**The task**
Scan the data below. Pull out each line where "grammar" occurs.
· · · · · · ·
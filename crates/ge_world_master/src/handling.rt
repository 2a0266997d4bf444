// A master handles what comes to it, beside its world.
ghost use Rattle.std.specs.Prelude.{◌≡◌, ◌≤◌, true, false, Err, OnErr};
ghost use Rattle.ge_master.specs.Areas.{areas_of};
ghost use Rattle.ge_master.specs.Masters.{HasLength, cluster_of, is_gone, parts_of};
ghost use Rattle.ge_master.specs.Storing.{OnUnwritten};
ghost use Rattle.ge_master.specs.declared.faults.Stop.TheVariants.{Dead};
ghost use Rattle.ge_world_master.specs.Moving.{HandlesIn, LeavesMaster};

use crate::worlds::foresee;
use ge_base::{Refusal, code};
use ge_laws::plans_never_want_memory;
use ge_master::{Master, Stop};
use ge_model_world::{Arrival, World};
use ge_outside::Disk;
use ge_rows::Reply;
use std::alloc::Global;

/// A master handles what comes to it, with the world beside it whose cluster it has: the world takes the step where the reply is
/// that of the event's plan, and stays as it was where the reply tells of want of memory, and after a `Stop`. Each `Stop` comes for
/// the master's own reasons, and the master is then gone; but what has no event is answered `Spent`, as want of memory in the world
/// is, and a master that lived then lives, and nothing has changed.
pub fn handle_in<D: Disk>(
    alloc: Global,
    m: &mut Master,
    a: &mut D,
    b: &mut D,
    w: &mut World,
    x: &Arrival,
) -> Result<Reply, Stop>
    requires { HasLength m.old (D.told a.old) (D.told b.old) }
    ensures handled { is_gone m.old ≡ false → cluster_of m.old ≡ w.old.cluster
        → HandlesIn result w.old w.new x.now (parts_of m.old) (parts_of m.new)
        (areas_of D.told D.syncs D.disk_faults a.old b.old)
        (areas_of D.told D.syncs D.disk_faults a.new b.new) }
    ensures gone { is_gone m.old ≡ true → result ≡ Err Dead }
    ensures leaves { LeavesMaster result m.old m.new }
    ensures same { OnErr result (w.new ≡ w.old) }
    ensures untouched { OnUnwritten result ((a.new ≡ a.old) × (b.new ≡ b.old)) }
    ensures length { HasLength m.new (D.told a.new) (D.told b.new) }
    ensures syncs_a { D.syncs a.old ≤ D.syncs a.new }
    ensures syncs_b { D.syncs b.old ≤ D.syncs b.new }
    ensures faults_a { D.disk_faults a.old ≤ D.disk_faults a.new }
    ensures faults_b { D.disk_faults b.old ≤ D.disk_faults b.new }
{
    if m.dead() {
        return Err(Stop::Dead);
    }
    let Ok(Some((event, next))) = foresee(alloc, w, x) else {
        return Err(Stop::Spent);
    };
    plans_never_want_memory();
    match m.handle(a, b, &event) {
        Ok(reply) => {
            if reply.code == code(Refusal::NoMemory) {
                return Ok(reply);
            }
            *w = next;
            Ok(reply)
        }
        Err(stop) => Err(stop),
    }
}
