// Worlds beside a master.
ghost use Rattle.std.specs.Prelude.{◌≡◌, IfOk, IfSome, OnErr, OnOk, Some};
ghost use Rattle.ge_model_world.specs.Worlds.{arrival_event, handling};
ghost use Rattle.ge_world_laws.specs.Product.{product};
ghost use Rattle.ge_world_master.specs.Moving.{CatchesUp};

use crate::clusters::{is_same_cluster, same_cluster};
use ge_collections::{twins2, twins3};
use ge_model_world::{Arrival, World};
use ge_rows::{Cluster, Event};
use ge_world::{arriving_event, handle_arrival, stop_in_arrival};
use std::alloc::{AllocError, Global};

// Another world with the same rows.
fn same_world(alloc: Global, w: &World) -> Result<World, AllocError>
    ensures { IfOk result (λ twin. twin ≡ w.now) }
{
    let cluster = same_cluster(alloc, &w.cluster)?;
    let (daemons, sent, reports) = twins3(alloc, &w.daemons, &w.sent, &w.reports)?;
    let (started, finished) = twins2(alloc, &w.started, &w.finished)?;
    Ok(World {
        cluster,
        daemons,
        sent,
        reports,
        started,
        finished,
    })
}

/// The event of what comes to the master, if it has one, and the world after that was handled.
pub(crate) fn foresee(
    alloc: Global,
    w: &World,
    x: &Arrival,
) -> Result<Option<(Event, World)>, AllocError>
    ensures event { IfOk result (λ seen. IfSome seen (λ both.
        arrival_event product w.now.reports x.now ≡ Some both.0)) }
    ensures world { IfOk result (λ seen. IfSome seen (λ both.
        both.1 ≡ handling product w.now x.now (arrival_event product w.now.reports x.now))) }
{
    let Some(event) = arriving_event(alloc, w.reports.items(), x)? else {
        return Ok(None);
    };
    let mut next = same_world(alloc, w)?;
    handle_arrival(alloc, &mut next, x)?;
    Ok(Some((event, next)))
}

/// The world goes on to the cluster of a master that was opened: that of the world, or that after the change of what came.
pub(crate) fn catch_up(
    alloc: Global,
    w: &mut World,
    x: &Arrival,
    c: &Cluster,
) -> Result<(), AllocError>
    ensures up { OnOk result (CatchesUp c.now w.old w.new x.now) }
    ensures err { OnErr result (w.new ≡ w.old) }
{
    if is_same_cluster(alloc, c, &w.cluster)? {
        return Ok(());
    }
    let mut next = same_world(alloc, w)?;
    stop_in_arrival(alloc, &mut next, x)?;
    *w = next;
    Ok(())
}
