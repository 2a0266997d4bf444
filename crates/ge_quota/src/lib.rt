//! Resource quotas: which rule of a rule set matches, and what it counts a grant by (sge_resource_quota).
//!
//! Contracts say by `ge_model_place` what each call gives, and see a [`Who`] as the model's. The groups are those of the
//! cluster, spelled out.
//!
//! - [`limit_key`]: the key of one rule set, by the first of its rules that matches.
//! - [`keys`]: the keys of all rule sets, one for each resource that the first rule names.
//! - [`matching_rule`] and [`key`]: the first rule of one rule set that matches, and its key of one resource.
#![tactic(auto)]

mod asking;
mod counting;
mod filtering;
mod ruling;

pub use asking::Who;
pub use counting::{keys, limit_key, rule_key};
pub use ruling::{Numbered, matching_rule};
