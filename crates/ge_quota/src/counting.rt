//! What grants are counted by.

ghost use Rattle.std.specs.Prelude.{◌≡◌, ◌++◌, ◌^◌, ◌-◌, [], min, map, IfOk, OnOk};
ghost use Rattle.ge_model_place.specs.Quotas.{kept_name, rule_key, key_of, keys_with, keys_of_set, quota_keys};
ghost use Rattle.ge_quota.specs.Asked.{asked_by};

use crate::asking::Who;
use crate::ruling::{Numbered, matching_rule};
use ge_rows::{Cluster, Filter, Groups, List, QuotaKey, QuotaRow, Rule, Text, Twin};
use std::alloc::{AllocError, Global};

// What a filter keeps of a name: in braces each name counts apart. Most filters keep none, which takes no memory, and
// is no call then.
#[inline(always)]
fn kept(alloc: Global, filter: &Option<Filter>, name: &Text) -> Result<Text, AllocError>
    ensures { IfOk result (λ kept. kept ≡ kept_name filter.now name.now) }
{
    match filter {
        Some(filter) => {
            if filter.braces {
                return name.twin(alloc);
            }
            Ok(Text::new(alloc))
        }
        None => Ok(Text::new(alloc)),
    }
}

// A rule's number as keys have it, cut at the greatest of its type.
fn number_in_key(number: usize) -> u32
    ensures { result ≡ min number (2 ^ 32 - 1) }
{
    number.min(4_294_967_295) as u32
}

/// What a rule of a set counts a resource by, for who asks.
pub fn rule_key(
    alloc: Global,
    set: &Text,
    who: &Who<'_>,
    resource: &[u8],
    found: &Numbered<'_>,
) -> Result<QuotaKey, AllocError>
    ensures { IfOk result (λ key. key
        ≡ rule_key set.now (asked_by who.now) resource.now (found.now.number, found.now.rule.now)) }
{
    let rule = found.rule;
    Ok(QuotaKey {
        set: set.twin(alloc)?,
        rule: number_in_key(found.number),
        user: kept(alloc, &rule.users, who.user)?,
        project: kept(alloc, &rule.projects, who.project)?,
        pe: kept(alloc, &rule.pes, who.pe)?,
        queue: kept(alloc, &rule.queues, who.queue)?,
        host: kept(alloc, &rule.hosts, who.host)?,
        resource: Text::from_bytes(alloc, resource)?,
    })
}

/// What a rule set counts a grant by: the names that the filters in braces of its first matching rule leave apart. The
/// key's resource is empty. None exactly where the rule set is missing or isn't enabled, or no rule matches
/// (sge_resource_quota).
#[tactic(auto, unfolding(ge_model_place::specs::Quotas::key_of))]
pub fn limit_key(
    alloc: Global,
    cluster: &Cluster,
    groups: &Groups,
    set: &Text,
    who: &Who<'_>,
) -> Result<Option<QuotaKey>, AllocError>
    ensures { IfOk result (λ key. key ≡ key_of cluster.now groups.now set.now (asked_by who.now)) }
{
    match cluster.quotas.get(set) {
        None => Ok(None),
        Some(row) => match matching_rule(alloc, cluster, groups, who, row)? {
            None => Ok(None),
            Some(found) => Ok(Some(rule_key(alloc, set, who, b"", &found)?)),
        },
    }
}

fn append_limits(
    alloc: Global,
    keys: &mut List<QuotaKey>,
    set: &Text,
    who: &Who<'_>,
    found: &Numbered<'_>,
) -> Result<(), AllocError>
    ensures { OnOk result (keys.new ≡ keys.old
        ++ map (λ limit. rule_key set.now (asked_by who.now) limit.0 (found.now.number, found.now.rule.now))
        found.now.rule.now.limits) }
{
    for (resource, _) in found.rule.limits.iter() {
        keys.push(rule_key(alloc, set, who, resource.bytes(), found)?)?;
    }
    Ok(())
}

fn append_keys(
    alloc: Global,
    cluster: &Cluster,
    groups: &Groups,
    who: &Who<'_>,
    keys: &mut List<QuotaKey>,
    set: &Text,
    row: &QuotaRow,
) -> Result<(), AllocError>
    ensures { OnOk result (keys.new ≡ keys.old
        ++ keys_of_set cluster.now groups.now (asked_by who.now) (set.now, row.now)) }
{
    match matching_rule(alloc, cluster, groups, who, row)? {
        None => Ok(()),
        Some(found) => append_limits(alloc, keys, set, who, &found),
    }
}

/// The keys that who asks is counted by, by the name of the rule set, then of the resource: one for each resource that
/// the first matching rule of a set limits (sge_resource_quota).
pub fn keys(
    alloc: Global,
    cluster: &Cluster,
    groups: &Groups,
    who: &Who<'_>,
) -> Result<List<QuotaKey>, AllocError>
    ensures { IfOk result (λ keys. keys ≡ quota_keys cluster.now groups.now (asked_by who.now)) }
{
    let mut keys = List::new(alloc);
    for (set, row) in cluster.quotas.iter() {
        append_keys(alloc, cluster, groups, who, &mut keys, set, row)?;
    }
    Ok(keys)
}
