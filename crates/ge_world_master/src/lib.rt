//! A master over its journal with the world beside it: the steps of a world are what a master does that keeps its cluster in two areas,
//! and stops and opens again.
//!
//! - [`handle_in`]: a master handles what comes to it, and the world takes that step where the master answered.
//! - [`reopen_in`]: a master is opened again after a stop inside an event, and the world takes the event's change where it was kept.
//! - [`is_same_cluster`]: whether two clusters are one.
//!
//! `specs/Moving` says what these come to.
#![tactic(auto)]

mod clusters;
mod handling;
mod reopening;
mod worlds;

pub use clusters::is_same_cluster;
pub use handling::handle_in;
pub use reopening::reopen_in;
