// Clusters compared and copied, by their bytes.
ghost use Rattle.std.specs.Prelude.{◌≡◌, ◌↔◌, IfOk, IsTrue, OnOk};
ghost use Rattle.ge_model_codec.specs.Cluster.{cluster_code};

use ge_pieces::is_word;
use ge_rows::{Cluster, Text};
use ge_snapshot::{put_cluster, take_cluster};
use std::alloc::{AllocError, Global};

fn bytes_of(alloc: Global, c: &Cluster) -> Result<Text, AllocError>
    ensures bytes { IfOk result (λ bytes. bytes ≡ cluster_code.write c.now) }
    ensures fits { OnOk result (IsTrue (cluster_code.fits c.now)) }
{
    let mut bytes = Text::new(alloc);
    put_cluster(c, &mut bytes)?;
    Ok(bytes)
}

/// Another cluster with the same rows.
pub(crate) fn same_cluster(alloc: Global, c: &Cluster) -> Result<Cluster, AllocError>
    ensures { IfOk result (λ twin. twin ≡ c.now) }
{
    let bytes = bytes_of(alloc, c)?;
    match take_cluster(alloc, bytes.bytes()) {
        Ok(twin) => Ok(twin),
        Err(_) => Err(AllocError),
    }
}

/// Whether two clusters are one.
pub fn is_same_cluster(alloc: Global, c: &Cluster, d: &Cluster) -> Result<bool, AllocError>
    ensures { IfOk result (λ is. IsTrue is ↔ (c.now ≡ d.now)) }
{
    let first = bytes_of(alloc, c)?;
    let second = bytes_of(alloc, d)?;
    Ok(is_word(first.bytes(), second.bytes()))
}
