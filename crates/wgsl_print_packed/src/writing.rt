//! Line breaks and texts at a depth.

ghost use Rattle.std.specs.Prelude.{◌≡◌, ◌++◌, ◌∷◌, ◌+◌, length, OnOk, MatchOption};
ghost use Rattle.wgsl_model.specs.Printed.Indentation.{after_line_ends};
ghost use Rattle.wgsl_writer.specs.Depth.{spaces};
ghost use Rattle.wgsl_writer.specs.LineEnds.{IsLineEnd, IsOneLine};

use std::alloc::AllocError;

/// Writes a line break and the spaces of a depth.
pub(crate) fn break_line(depth: usize, out: &mut Vec<u8>) -> Result<(), AllocError>
    ensures { OnOk result (out.new.items ≡ out.old.items ++ (10 ∷ spaces depth)) }
{
    match depth {
        0 => out.extend_from_slice(b"\n"),
        1 => out.extend_from_slice(b"\n    "),
        2 => out.extend_from_slice(b"\n        "),
        3 => out.extend_from_slice(b"\n            "),
        _ => break_deep_line(depth, out),
    }
}

/// Writes a line break and the spaces of any depth.
fn break_deep_line(depth: usize, out: &mut Vec<u8>) -> Result<(), AllocError>
    ensures { OnOk result (out.new.items ≡ out.old.items ++ (10 ∷ spaces depth)) }
{
    out.extend_from_slice(b"\n")?;
    'levels: for _level in 0..depth {
        out.extend_from_slice(b"    ")?;
    }
    Ok(())
}

/// Writes a text with the spaces of a depth after each LF.
pub(crate) fn write_lines(text: &[u8], depth: usize, out: &mut Vec<u8>) -> Result<(), AllocError>
    ensures { OnOk result (out.new.items ≡
        out.old.items ++ after_line_ends (spaces depth) text.now) }
{
    let mut left = text;
    'lines: while let Some(at) = line_end(left) {
        out.extend_from_slice(&left[..at])?;
        break_line(depth, out)?;
        left = &left[at + 1..];
    }
    out.extend_from_slice(left)?;
    Ok(())
}

/// Returns where the first LF of a text is.
fn line_end(text: &[u8]) -> Option<usize>
    ensures { MatchOption result (IsOneLine text.now (length text.now)) (λ at.
        IsLineEnd text.now at) }
{
    'bytes: for i in 0..text.len() {
        if text[i] == b'\n' {
            return Some(i);
        }
    }
    None
}
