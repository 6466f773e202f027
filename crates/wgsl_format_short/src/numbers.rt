//! Whole numbers in hexadecimal, where that is shorter.

ghost use Rattle.std.specs.Prelude.{◌≡◌, ◌∷◌, List, drop, chars, length, nat_lt, if◌then◌else◌, string_bytes, IfOk};
ghost use Rattle.grammar.specs.Tokens as grammar;
ghost use Rattle.grammar.specs.Tokens.{Payload.number as number_payload};
ghost use Rattle.wgsl_lexer.specs.TextTokens.{tokens_left};
ghost use Rattle.wgsl_model_short.specs.Respelled.{hexadecimal, short_text, shorter_number};
ghost use Rattle.wgsl_format_short.specs.Spelled as model;

use std::alloc::{AllocError, Global};
use wgsl_lex_token::kind::TokenKind;
use wgsl_lex_token::placed::PlacedToken;
use wgsl_lex_token::token::Token;
use wgsl_lexer::TextTokens;

/// Takes the next token, which has this text. Returns its other text, if it has one that is
/// shorter. Only a whole number without a suffix is made for that.
pub(crate) fn take_token(
    alloc: Global,
    tokens: &mut TextTokens,
    text: &str,
) -> Result<Option<String>, AllocError>
    ensures left { IfOk result (λ _. tokens_left tokens.new ≡ drop 1 (tokens_left tokens.old)) }
    ensures text { IfOk result (λ other. (t : grammar.Token) (ts : List grammar.Token) →
        tokens_left tokens.old ≡ t ∷ ts →
        short_text t (chars text.now) ≡ model.spelled other (chars text.now)) }
{
    if !matches!(tokens.kind(), Some(TokenKind::AbstractInt)) {
        tokens.skip();
        return Ok(None);
    }
    match tokens.take()? {
        Some(
            PlacedToken {
                token: Token::AbstractInt(number),
                ..
            },
        ) => shorter(alloc, number, text),
        _ => Ok(None),
    }
}

/// A whole number in hexadecimal, if that has fewer bytes than its text.
fn shorter(alloc: Global, number: i64, text: &str) -> Result<Option<String>, AllocError>
    ensures { IfOk result (λ other. shorter_number (number_payload number) (chars text.now)
        ≡ model.spelled other (chars text.now)) }
{
    let Ok(number) = u64::try_from(number) else {
        return Ok(None);
    };
    let other = hexadecimal(alloc, number)?;
    Ok(keep_shorter(other, text))
}

/// A number in hexadecimal.
fn hexadecimal(alloc: Global, number: u64) -> Result<String, AllocError>
    ensures { IfOk result (λ text. string_bytes text ≡ hexadecimal number) }
{
    Ok(format!(in alloc; "0x{number:x}")?)
}

/// A text, if it has fewer bytes than another.
fn keep_shorter(other: String, text: &str) -> Option<String>
    ensures { model.spelled result (chars text.now)
        ≡ (if nat_lt (length (string_bytes other)) (length text.now)
        then chars (string_bytes other) else chars text.now) }
{
    if other.len() < text.len() {
        Some(other)
    } else {
        None
    }
}

/// The other text of a token, if it has one.
pub(crate) fn spelled<'s>(other: &'s Option<String>, text: &'s str) -> &'s str
    ensures { chars result.now ≡ model.spelled other.now (chars text.now) }
{
    match other {
        Some(other) => other.as_str(),
        None => text,
    }
}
· · · · · · ·
**Written response**
ghost use Rattle.grammar.specs.Tokens as grammar;
ghost use Rattle.grammar.specs.Tokens.{Payload.number as number_payload};
    ensures text { IfOk result (λ other. (t : grammar.Token) (ts : List grammar.Token) →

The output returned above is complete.